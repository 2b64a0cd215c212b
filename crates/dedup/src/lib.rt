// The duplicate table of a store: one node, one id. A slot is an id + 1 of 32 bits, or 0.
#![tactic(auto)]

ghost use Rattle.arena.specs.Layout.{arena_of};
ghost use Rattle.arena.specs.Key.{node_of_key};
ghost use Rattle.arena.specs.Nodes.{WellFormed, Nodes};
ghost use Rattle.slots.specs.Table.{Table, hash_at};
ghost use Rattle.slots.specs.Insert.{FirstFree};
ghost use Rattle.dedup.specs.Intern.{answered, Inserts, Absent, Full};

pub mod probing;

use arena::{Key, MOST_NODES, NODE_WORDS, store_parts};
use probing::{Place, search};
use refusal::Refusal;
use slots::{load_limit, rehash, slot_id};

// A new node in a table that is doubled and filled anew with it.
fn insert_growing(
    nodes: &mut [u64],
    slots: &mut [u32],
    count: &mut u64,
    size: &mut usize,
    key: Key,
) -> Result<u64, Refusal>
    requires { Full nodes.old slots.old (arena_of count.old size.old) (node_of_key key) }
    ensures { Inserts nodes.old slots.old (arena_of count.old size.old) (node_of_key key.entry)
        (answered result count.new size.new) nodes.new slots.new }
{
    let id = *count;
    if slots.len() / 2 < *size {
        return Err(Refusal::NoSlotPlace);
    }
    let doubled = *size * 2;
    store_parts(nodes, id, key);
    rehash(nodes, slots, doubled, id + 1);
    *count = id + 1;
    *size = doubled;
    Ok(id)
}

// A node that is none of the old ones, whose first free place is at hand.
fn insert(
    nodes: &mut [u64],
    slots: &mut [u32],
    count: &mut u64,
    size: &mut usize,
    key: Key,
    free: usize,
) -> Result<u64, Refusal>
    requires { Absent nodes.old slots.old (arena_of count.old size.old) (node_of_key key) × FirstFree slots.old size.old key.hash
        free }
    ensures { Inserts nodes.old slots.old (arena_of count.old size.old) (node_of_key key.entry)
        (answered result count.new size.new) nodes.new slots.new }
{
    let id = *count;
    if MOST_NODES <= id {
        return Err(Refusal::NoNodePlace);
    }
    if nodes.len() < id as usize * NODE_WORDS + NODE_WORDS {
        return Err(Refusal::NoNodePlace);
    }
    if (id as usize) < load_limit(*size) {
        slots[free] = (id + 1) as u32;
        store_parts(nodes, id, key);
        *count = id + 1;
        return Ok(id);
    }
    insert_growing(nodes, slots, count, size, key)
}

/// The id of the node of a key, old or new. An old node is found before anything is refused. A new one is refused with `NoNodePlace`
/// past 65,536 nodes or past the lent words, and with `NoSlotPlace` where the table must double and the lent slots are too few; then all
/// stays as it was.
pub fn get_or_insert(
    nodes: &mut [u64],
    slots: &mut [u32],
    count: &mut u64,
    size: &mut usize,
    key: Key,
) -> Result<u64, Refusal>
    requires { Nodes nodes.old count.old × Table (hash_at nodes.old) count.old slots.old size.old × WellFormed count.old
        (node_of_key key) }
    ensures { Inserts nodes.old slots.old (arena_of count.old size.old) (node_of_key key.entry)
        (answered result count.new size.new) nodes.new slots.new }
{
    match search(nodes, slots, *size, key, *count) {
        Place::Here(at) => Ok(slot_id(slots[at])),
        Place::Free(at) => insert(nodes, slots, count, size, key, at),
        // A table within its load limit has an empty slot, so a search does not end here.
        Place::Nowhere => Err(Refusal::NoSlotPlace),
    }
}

--

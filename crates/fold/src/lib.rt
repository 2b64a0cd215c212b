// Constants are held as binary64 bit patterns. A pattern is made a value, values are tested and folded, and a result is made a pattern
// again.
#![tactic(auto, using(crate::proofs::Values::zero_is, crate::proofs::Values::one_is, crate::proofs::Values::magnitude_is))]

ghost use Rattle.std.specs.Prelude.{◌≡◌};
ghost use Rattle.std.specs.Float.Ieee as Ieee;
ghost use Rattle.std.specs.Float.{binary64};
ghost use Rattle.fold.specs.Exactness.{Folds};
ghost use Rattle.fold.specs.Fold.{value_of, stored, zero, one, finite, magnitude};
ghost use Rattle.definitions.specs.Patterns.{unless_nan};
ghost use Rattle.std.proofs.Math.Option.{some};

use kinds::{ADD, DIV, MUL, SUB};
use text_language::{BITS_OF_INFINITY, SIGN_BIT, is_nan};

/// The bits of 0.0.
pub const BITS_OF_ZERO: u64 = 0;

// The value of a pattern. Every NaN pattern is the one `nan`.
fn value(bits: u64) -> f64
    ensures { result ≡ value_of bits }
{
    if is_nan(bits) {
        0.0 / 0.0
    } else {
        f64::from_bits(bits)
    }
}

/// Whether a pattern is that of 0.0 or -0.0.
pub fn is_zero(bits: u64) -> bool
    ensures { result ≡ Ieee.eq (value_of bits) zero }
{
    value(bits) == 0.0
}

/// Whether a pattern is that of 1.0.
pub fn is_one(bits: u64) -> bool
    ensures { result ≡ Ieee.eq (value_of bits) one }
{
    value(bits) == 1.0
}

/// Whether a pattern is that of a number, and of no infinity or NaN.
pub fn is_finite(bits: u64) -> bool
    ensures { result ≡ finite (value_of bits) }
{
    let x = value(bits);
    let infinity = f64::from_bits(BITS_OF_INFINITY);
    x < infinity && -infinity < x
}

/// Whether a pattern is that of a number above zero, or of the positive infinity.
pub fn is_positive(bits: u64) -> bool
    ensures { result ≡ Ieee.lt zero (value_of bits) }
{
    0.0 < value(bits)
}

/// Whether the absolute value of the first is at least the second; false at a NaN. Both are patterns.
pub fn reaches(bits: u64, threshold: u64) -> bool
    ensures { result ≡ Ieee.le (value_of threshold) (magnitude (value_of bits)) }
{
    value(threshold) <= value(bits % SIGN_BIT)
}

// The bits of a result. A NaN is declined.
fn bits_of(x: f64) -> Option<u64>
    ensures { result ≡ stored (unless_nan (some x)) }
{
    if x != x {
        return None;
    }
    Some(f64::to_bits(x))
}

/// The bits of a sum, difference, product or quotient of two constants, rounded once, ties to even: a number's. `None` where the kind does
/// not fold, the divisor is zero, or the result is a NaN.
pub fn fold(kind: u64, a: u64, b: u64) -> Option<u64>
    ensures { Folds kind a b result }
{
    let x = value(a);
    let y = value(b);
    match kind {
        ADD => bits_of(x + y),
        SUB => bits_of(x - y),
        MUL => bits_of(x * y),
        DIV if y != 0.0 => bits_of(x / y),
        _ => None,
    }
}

* * *

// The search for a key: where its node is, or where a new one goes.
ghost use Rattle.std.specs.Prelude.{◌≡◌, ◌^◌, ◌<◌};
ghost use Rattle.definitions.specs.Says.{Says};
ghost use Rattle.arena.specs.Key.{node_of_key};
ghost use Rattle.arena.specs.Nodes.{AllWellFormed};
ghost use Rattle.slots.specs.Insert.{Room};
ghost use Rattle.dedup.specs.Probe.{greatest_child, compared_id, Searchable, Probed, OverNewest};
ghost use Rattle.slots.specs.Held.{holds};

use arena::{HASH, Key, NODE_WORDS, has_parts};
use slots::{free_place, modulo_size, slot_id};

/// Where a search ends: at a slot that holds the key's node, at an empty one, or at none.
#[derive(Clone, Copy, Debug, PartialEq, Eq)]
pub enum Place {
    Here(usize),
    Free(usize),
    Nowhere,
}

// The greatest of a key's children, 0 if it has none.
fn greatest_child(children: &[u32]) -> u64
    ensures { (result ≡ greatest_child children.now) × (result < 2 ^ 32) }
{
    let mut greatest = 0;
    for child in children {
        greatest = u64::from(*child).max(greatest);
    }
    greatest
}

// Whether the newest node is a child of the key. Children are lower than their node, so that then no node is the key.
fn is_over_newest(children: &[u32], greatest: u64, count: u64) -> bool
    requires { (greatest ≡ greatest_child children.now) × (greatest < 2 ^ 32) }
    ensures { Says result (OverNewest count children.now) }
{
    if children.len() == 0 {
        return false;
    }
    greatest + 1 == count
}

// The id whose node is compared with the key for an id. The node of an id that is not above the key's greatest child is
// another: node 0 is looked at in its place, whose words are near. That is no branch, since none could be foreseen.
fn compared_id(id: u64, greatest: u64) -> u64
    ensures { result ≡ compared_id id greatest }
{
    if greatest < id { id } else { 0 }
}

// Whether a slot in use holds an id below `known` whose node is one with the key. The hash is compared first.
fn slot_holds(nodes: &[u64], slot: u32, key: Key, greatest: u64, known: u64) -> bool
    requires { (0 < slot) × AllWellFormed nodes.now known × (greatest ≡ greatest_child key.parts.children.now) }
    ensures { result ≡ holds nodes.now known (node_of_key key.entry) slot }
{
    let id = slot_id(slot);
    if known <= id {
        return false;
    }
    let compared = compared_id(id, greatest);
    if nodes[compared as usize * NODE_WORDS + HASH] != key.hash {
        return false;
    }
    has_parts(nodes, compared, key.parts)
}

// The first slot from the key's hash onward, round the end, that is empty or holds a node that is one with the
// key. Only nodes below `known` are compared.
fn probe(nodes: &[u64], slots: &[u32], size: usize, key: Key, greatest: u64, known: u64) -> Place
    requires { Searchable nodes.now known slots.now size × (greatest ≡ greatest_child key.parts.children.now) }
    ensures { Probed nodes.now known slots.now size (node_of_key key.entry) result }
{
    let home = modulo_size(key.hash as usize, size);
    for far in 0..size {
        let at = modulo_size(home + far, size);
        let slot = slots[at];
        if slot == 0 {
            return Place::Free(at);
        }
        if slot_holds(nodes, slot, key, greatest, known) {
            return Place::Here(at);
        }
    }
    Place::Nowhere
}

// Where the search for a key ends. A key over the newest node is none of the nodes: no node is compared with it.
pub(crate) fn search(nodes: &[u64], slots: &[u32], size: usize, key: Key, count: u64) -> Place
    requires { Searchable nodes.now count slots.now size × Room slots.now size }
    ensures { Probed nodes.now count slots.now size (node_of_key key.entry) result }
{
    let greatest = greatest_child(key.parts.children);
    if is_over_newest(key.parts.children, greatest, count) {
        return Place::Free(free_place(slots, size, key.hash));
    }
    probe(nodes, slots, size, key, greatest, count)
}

» Exercise description
Lines above holding "whose": give their count, nothing more.

» Result below
4